All men masturbate. If you say you don't, you're a liar and you know it. We just don't talk about it.

Unfortunately for me (and a lot of others it seems), I had to 'discover' how to masturbate on my own. I was a child when I learned to do it by putting pressure on the base of my penis. Well it worked...but I did not know the consequences.

If you masturbate this way you are almost certainly having 'performance problems' in your marriage. And it might not occur to you why. As part of trying to deal with my affair I found a website that addressed this. It is:

Healthy Strokes - Masturbation and More

I won't repeat the advice here. The discovery of this problem and the CURE is amazing. My wife and I haven't had sex since March because of her disability - but I'm able to get off just fine now and can be ready to go when she is finally able to function again.

This is not a joke. If you think this might be affecting you, please look into it.


----------



## Ditajr

How can you, one single man, say that all men masturbate? You aren't all men. Don't make assumptions.


----------



## losinglove

What you don't know the old saying 10% admit it. 89% lie about it.


----------



## BigBadWolf

Ditajr said:


> How can you, one single man, say that all men masturbate? You aren't all men. Don't make assumptions.


It is the same as assuming all men breath air to live. This is a safe bet even without having to interview all men.


----------



## Ditajr

Look, just because you do, doesn't mean they all do. I know other men other than my husband who say that they don't. No reason to lie about it either way, I don't judge. 

And as far as my husband, if he wanted to do that, i would like to know when he finds the time to do it, because we are constantly around each other. We both get home at 4 or 5, spend the evening together, he gets a shower with the door open and we have a glass shower door, so not much hiding there. Then we watch tv and go to bed together. So according to you, if he is doing it...he is doing it at work, which is just retarded to think he would do where he works.

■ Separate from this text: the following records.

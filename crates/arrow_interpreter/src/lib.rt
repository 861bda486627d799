//! The interpreter of the program's lines: what each line is, how it is run on the tables, and the text of its reply.
#![tactic(auto)]

pub mod interpreter;
mod line;
mod lines;
mod listing;
mod pass;
pub mod run;
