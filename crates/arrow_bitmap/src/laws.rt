//! Laws of packed marks, stated over the definitions for all values. Each is the contract of a
//! function with an empty body.
ghost use Rattle.std.specs.Prelude.{◌≡◌, ◌+◌, ◌<◌, ◌≤◌, ◌/◌, ◌%◌, ◌==◌, ℕ, List, Some, drop, length, slice_get};
ghost use Rattle.std.specs.Prelude.{slice_index, take};
ghost use Rattle.std.specs.Int.{bit_at};
ghost use Rattle.arrow_bitmap.specs.Marks.{mark_at, marks};

/// The `n` marks of packed bytes from mark `p` on: there are `n`, mark `i` of them is mark `p + i` of
/// the bytes, which is bit `(p + i) % 8` of byte `(p + i) / 8`, and consecutive marks of them are marks
/// of the bytes.
pub fn packed_marks()
    ensures count { (xs : List ℕ) (p n : ℕ) → length (marks xs p n) ≡ n }
    ensures mark { (xs : List ℕ) (p n i : ℕ) → i < n
        → slice_get (marks xs p n) i ≡ Some (mark_at xs (p + i)) }
    ensures bit { (xs : List ℕ) (i : ℕ)
        → mark_at xs i ≡ (bit_at (slice_index xs (i / 8)) (i % 8) == 1) }
    ensures cut { (xs : List ℕ) (p n a m : ℕ) → a + m ≤ n
        → take m (drop a (marks xs p n)) ≡ marks xs (p + a) m }
{}
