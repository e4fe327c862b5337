ghost use Rattle.std.specs.Prelude.{◌≡◌, ◌≤◌, [], ◌∷◌, ◌++◌, true, map, replicate, IfOk, OnOk};
ghost use Rattle.std.specs.List.{AllByRecursion};
ghost use Rattle.hal_base.specs.declared.record.Record.{Record as Row};
ghost use Rattle.hal_base.specs.Order.{record_cmp};
ghost use Rattle.hal_base.specs.Sorted.{Ascending, sorted};
ghost use Rattle.plain_job.specs.Job.{stream};
ghost use Rattle.sorted_parts.specs.Spills.{spilled};
ghost use Rattle.sorted_parts.specs.steps.Dealt.{dealt};

use hal_base::{Functions, Memory, Parts, Record, Records, sort_rows};
use std::alloc::Global;
use std::marker::Model;

/// The records that the map of a source emits for these, each in the part of its key, and each part
/// sorted.
/// docs/SEMANTICS.md, "Parts".
pub fn spill<F: Functions>(
    alloc: Global,
    functions: &F,
    round: u32,
    step: u32,
    source: u32,
    rows: &Records,
    parts: u32,
) -> Result<Parts, Memory>
    requires { (1 ≤ parts) × (parts ≤ 64) }
    ensures parts { IfOk result (λ out. out ≡ spilled (F.meaning functions.now) round step source rows.now parts) }
    ensures in_order { IfOk result (AllByRecursion (Ascending record_cmp)) }
{
    let mut builder = SpillBuilder::new(alloc, parts, rows.len() / parts as usize)?;
    builder.add(alloc, functions, round, step, source, rows)?;
    builder.finish(alloc)
}

/// A spill in the making: the records so far, each in the part of its key, and no part sorted yet.
#[derive(Drop)]
pub struct SpillBuilder {
    parts: Vec<Records>,
}

impl Model for SpillBuilder {
    ghost use Rattle.std.specs.Prelude.{List};
    ghost use Rattle.hal_base.specs.declared.record.Record.{Record as Row};

    ghost Value = { List (List Row) };

    ghost view = { λ builder. builder.parts.items };
}

impl SpillBuilder {
    /// So many parts with no records, each with room for its share, and for some more.
    pub fn new(alloc: Global, parts: u32, share: usize) -> Result<SpillBuilder, Memory>
        ensures { IfOk result (λ builder. builder ≡ replicate parts []) }
    {
        let parts = empty_parts(alloc, parts, share)?;
        Ok(SpillBuilder { parts })
    }

    /// Adds what the map of a source emits for these records. After `Memory` a part of it may be
    /// there.
    pub fn add<F: Functions>(
        &mut self,
        alloc: Global,
        functions: &F,
        round: u32,
        step: u32,
        source: u32,
        rows: &Records,
    ) -> Result<(), Memory>
        ensures { OnOk result (self.new ≡ dealt (F.meaning functions.now) round step 0 self.old (stream ((F.meaning functions.now).map round step source) rows.now)) }
    {
        deal(alloc, functions, round, step, source, rows, &mut self.parts)
    }

    /// Adds these records, as a map does that emits each record as it is. Where there is one part, their
    /// list is taken over as it stands. After `Memory` a part of them may be there.
    pub fn add_rows<F: Functions>(
        &mut self,
        alloc: Global,
        functions: &F,
        round: u32,
        step: u32,
        rows: Records,
    ) -> Result<(), Memory>
        ensures { OnOk result (self.new ≡ dealt (F.meaning functions.now) round step 0 self.old rows) }
    {
        deal_rows(alloc, functions, round, step, rows, &mut self.parts)
    }

    /// The parts, each sorted.
    pub fn finish(self, alloc: Global) -> Result<Parts, Memory>
        ensures parts { IfOk result (λ parts. parts ≡ map (sorted record_cmp) self) }
        ensures in_order { IfOk result (AllByRecursion (Ascending record_cmp)) }
    {
        sort_parts(alloc, self.parts)
    }
}

/// So many parts with no records, each with room for its share and some more.
fn empty_parts(alloc: Global, parts: u32, share: usize) -> Result<Vec<Records>, Memory>
    ensures { IfOk result (λ out. out.items ≡ replicate parts []) }
{
    let room = share.saturating_add(share / 16).saturating_add(16);
    let mut out = Vec::with_capacity(alloc, parts as usize)?;
    'parts: for _part in 0..parts {
        let empty = Records::with_capacity(alloc, room)?;
        out.push(empty).map_err(|_| Memory)?;
    }
    Ok(out)
}

/// Maps the records one after another, and adds what is emitted to the parts.
fn deal<F: Functions>(
    alloc: Global,
    functions: &F,
    round: u32,
    step: u32,
    source: u32,
    rows: &Records,
    parts: &mut [Records],
) -> Result<(), Memory>
    ensures { OnOk result (parts.new ≡ dealt (F.meaning functions.now) round step 0 parts.old (stream ((F.meaning functions.now).map round step source) rows.now)) }
{
    // One list takes what each record emits in turn, so that none is made for a record.
    let mut emitted = Records::new(alloc);
    'rows: for row in rows.as_slice() {
        functions.map(alloc, round, step, source, row, &mut emitted)?;
        emitted = deal_emitted(alloc, functions, round, step, emitted, parts)?;
    }
    Ok(())
}

/// Moves the records to their parts, all at once where there is one part, and all belong to it.
fn deal_rows<F: Functions>(
    alloc: Global,
    functions: &F,
    round: u32,
    step: u32,
    rows: Records,
    parts: &mut [Records],
) -> Result<(), Memory>
    ensures { OnOk result (parts.new ≡ dealt (F.meaning functions.now) round step 0 parts.old rows) }
{
    if parts.len() == 1 && are_in_first(alloc, functions, round, step, rows.as_slice())? {
        return add_behind(rows, &mut parts[0]);
    }
    let _emptied = deal_emitted(alloc, functions, round, step, rows, parts)?;
    Ok(())
}

/// Whether all records belong to the first part.
fn are_in_first<F: Functions>(
    alloc: Global,
    functions: &F,
    round: u32,
    step: u32,
    rows: &[Record],
) -> Result<bool, Memory>
    ensures { IfOk result (λ all. all ≡ true → AllByRecursion (λ (row : Row). (F.meaning functions.now).partition round step row.key ≡ 0) rows.now) }
{
    'rows: for row in rows {
        if functions.partition(alloc, round, step, &row.key)? != 0 {
            return Ok(false);
        }
    }
    Ok(true)
}

/// Moves the records to their parts, and gives back the list with no records in it.
fn deal_emitted<F: Functions>(
    alloc: Global,
    functions: &F,
    round: u32,
    step: u32,
    emitted: Records,
    parts: &mut [Records],
) -> Result<Records, Memory>
    ensures emptied { IfOk result (λ left. left ≡ []) }
    ensures dealt { OnOk result (parts.new ≡ dealt (F.meaning functions.now) round step 0 parts.old emitted) }
{
    let mut left = emitted.into_vec();
    left.reverse();
    'rows: while let Some(row) = left.pop() {
        add_to_part(alloc, functions, round, step, row, parts)?;
    }
    Ok(Records::from_vec(left))
}

/// Adds records to a part, which takes their list as it stands where it has none yet.
fn add_behind(rows: Records, part: &mut Records) -> Result<(), Memory>
    ensures { OnOk result (part.new ≡ part.old ++ rows) }
{
    if part.len() == 0 {
        *part = rows;
        return Ok(());
    }
    let mut rows = rows;
    part.append(&mut rows)
}

/// Moves a record to the part of its key, if there is one.
fn add_to_part<F: Functions>(
    alloc: Global,
    functions: &F,
    round: u32,
    step: u32,
    row: Record,
    parts: &mut [Records],
) -> Result<(), Memory>
    ensures { OnOk result (parts.new ≡ dealt (F.meaning functions.now) round step 0 parts.old (row ∷ [])) }
{
    let number = functions.partition(alloc, round, step, &row.key)?;
    let at = number as usize;
    if at >= parts.len() {
        return Ok(());
    }
    parts[at].push(row)
}

fn sort_parts(alloc: Global, parts: Vec<Records>) -> Result<Parts, Memory>
    ensures { IfOk result (λ out. out ≡ map (sorted record_cmp) parts.items) }
{
    let mut out = Parts::with_capacity(alloc, parts.len())?;
    'parts: for rows in parts {
        out.push(sort_rows(rows))?;
    }
    Ok(out)
}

Or, he is doing it in the hour between him getting home and me getting home which is when he does our daughter's homework with her.

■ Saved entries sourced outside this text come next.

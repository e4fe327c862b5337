ghost use Rattle.std.specs.Prelude.{◌≡◌, IfOk};
ghost use Rattle.std.specs.List.{AllByRecursion};
ghost use Rattle.hal_base.specs.Order.{record_cmp};
ghost use Rattle.hal_base.specs.Sorted.{Ascending, sorted};
ghost use Rattle.plain_job.specs.Chain.{together};

use hal_base::{Memory, Parts, Record, Records, SortedStream, sort_rows};
use std::alloc::Global;
use std::collections::VecDeque;
use std::marker::Model;

/// Records in order, handed out from the front.
#[derive(Drop)]
pub struct Merged {
    rows: VecDeque<Record>,
}

impl Model for Merged {
    ghost use Rattle.std.specs.Prelude.{List};
    ghost use Rattle.hal_base.specs.declared.record.Record.{Record as Row};
    ghost use Rattle.hal_base.specs.Order.{record_cmp};
    ghost use Rattle.hal_base.specs.Sorted.{Ascending};

    ghost Value = { List Row };

    ghost view = { λ m. m.rows.items };

    ghost invariant = { λ m. Ascending record_cmp m.rows.items };
}

impl Merged {
    fn new(rows: Records) -> Merged
        requires { Ascending record_cmp rows }
        ensures { result ≡ rows }
    {
        Merged {
            rows: VecDeque::from(rows.into_vec()),
        }
    }
}

impl SortedStream for Merged {
    ghost rows = { λ m. m };

    fn left(&self) -> u64 {
        self.rows.len() as u64
    }

    fn peek(&self) -> Option<&Record> {
        self.rows.front()
    }

    fn next(&mut self, _alloc: Global) -> Result<Option<Record>, Memory> {
        Ok(self.rows.pop_front())
    }
}

/// All records of the sections in order. Each section is in order already.
/// docs/SEMANTICS.md, "Parts".
pub fn merge(alloc: Global, sections: Parts) -> Result<Merged, Memory>
    requires sorted { AllByRecursion (Ascending record_cmp) sections }
    ensures { IfOk result (λ merged. merged ≡ sorted record_cmp (together sections)) }
{
    let rows = in_order(alloc, sections)?;
    Ok(Merged::new(rows))
}

fn in_order(alloc: Global, sections: Parts) -> Result<Records, Memory>
    requires { AllByRecursion (Ascending record_cmp) sections }
    ensures { IfOk result (λ rows. rows ≡ sorted record_cmp (together sections)) }
{
    // One section alone is in order as it stands.
    let alone = sections.len() <= 1;
    let rows = joined(alloc, sections)?;
    if alone { Ok(rows) } else { Ok(sort_rows(rows)) }
}

/// The sections, one after another, in the memory of the first.
fn joined(alloc: Global, sections: Parts) -> Result<Records, Memory>
    ensures { IfOk result (λ rows. rows ≡ together sections) }
{
    let mut sections = sections.into_vec().into_iter();
    let mut all = match sections.next() {
        Some(first) => first,
        None => Records::new(alloc),
    };
    'sections: for mut rows in sections {
        all.append(&mut rows)?;
    }
    Ok(all)
}
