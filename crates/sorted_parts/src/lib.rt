//! What a map emits, by parts and in order, and the sections of a part made one again.
#![tactic(auto)]

mod merged;
mod shuffle;

pub use merged::{Merged, merge};
pub use shuffle::{SpillBuilder, spill};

So again, you cannot speak for all men.


----------



## BigBadWolf

Most men do it when they are alone in the bathroom. 

It is probably not a big deal whether your husband does it or admits it or not, but are you saying you are with him even during his time in the bathroom to use the toilet? 

And yes, it is not unusual for a man do it at work. I have to wonder if this is not common knowledge?


----------



## Ditajr

Everytime is uses the bathroom at work throughout the day, he texts me to check in. I doubt a 2 minute pee break turns into jerking off. and Also, when he uses the bathroom, it's right next to our living area that we are constantly in...he is never in there for an abnormal amount of time. 

Just saying, you can't put all men into one catergory. This topic or any other.


----------



## Atholk

Ditajr said:


> Look, just because you do, doesn't mean they all do. I know other men other than my husband who say that they don't. No reason to lie about it either way, I don't judge.
> 
> And as far as my husband, if he wanted to do that, i would like to know when he finds the time to do it, because we are constantly around each other. We both get home at 4 or 5, spend the evening together, he gets a shower with the door open and we have a glass shower door, so not much hiding there. Then we watch tv and go to bed together. So according to you, if he is doing it...he is doing it at work, which is just retarded to think he would do where he works. Or, he is doing it in the hour between him getting home and me getting home which is when he does our daughter's homework with her.
> 
> So again, you cannot speak for all men.


While it may be overstepping to say 100% of men masturbate, it's pretty conclusive that the overwhelming majority do, and that it's a normal and healthy activity.


----------



## Ditajr

Overwhelming majority isn't all.


----------



## Sven

It's 100%.

But that's really not the issue here. The issue is with HOW it's done. If a man is masturbating using TMS, then he's going to have performance issues.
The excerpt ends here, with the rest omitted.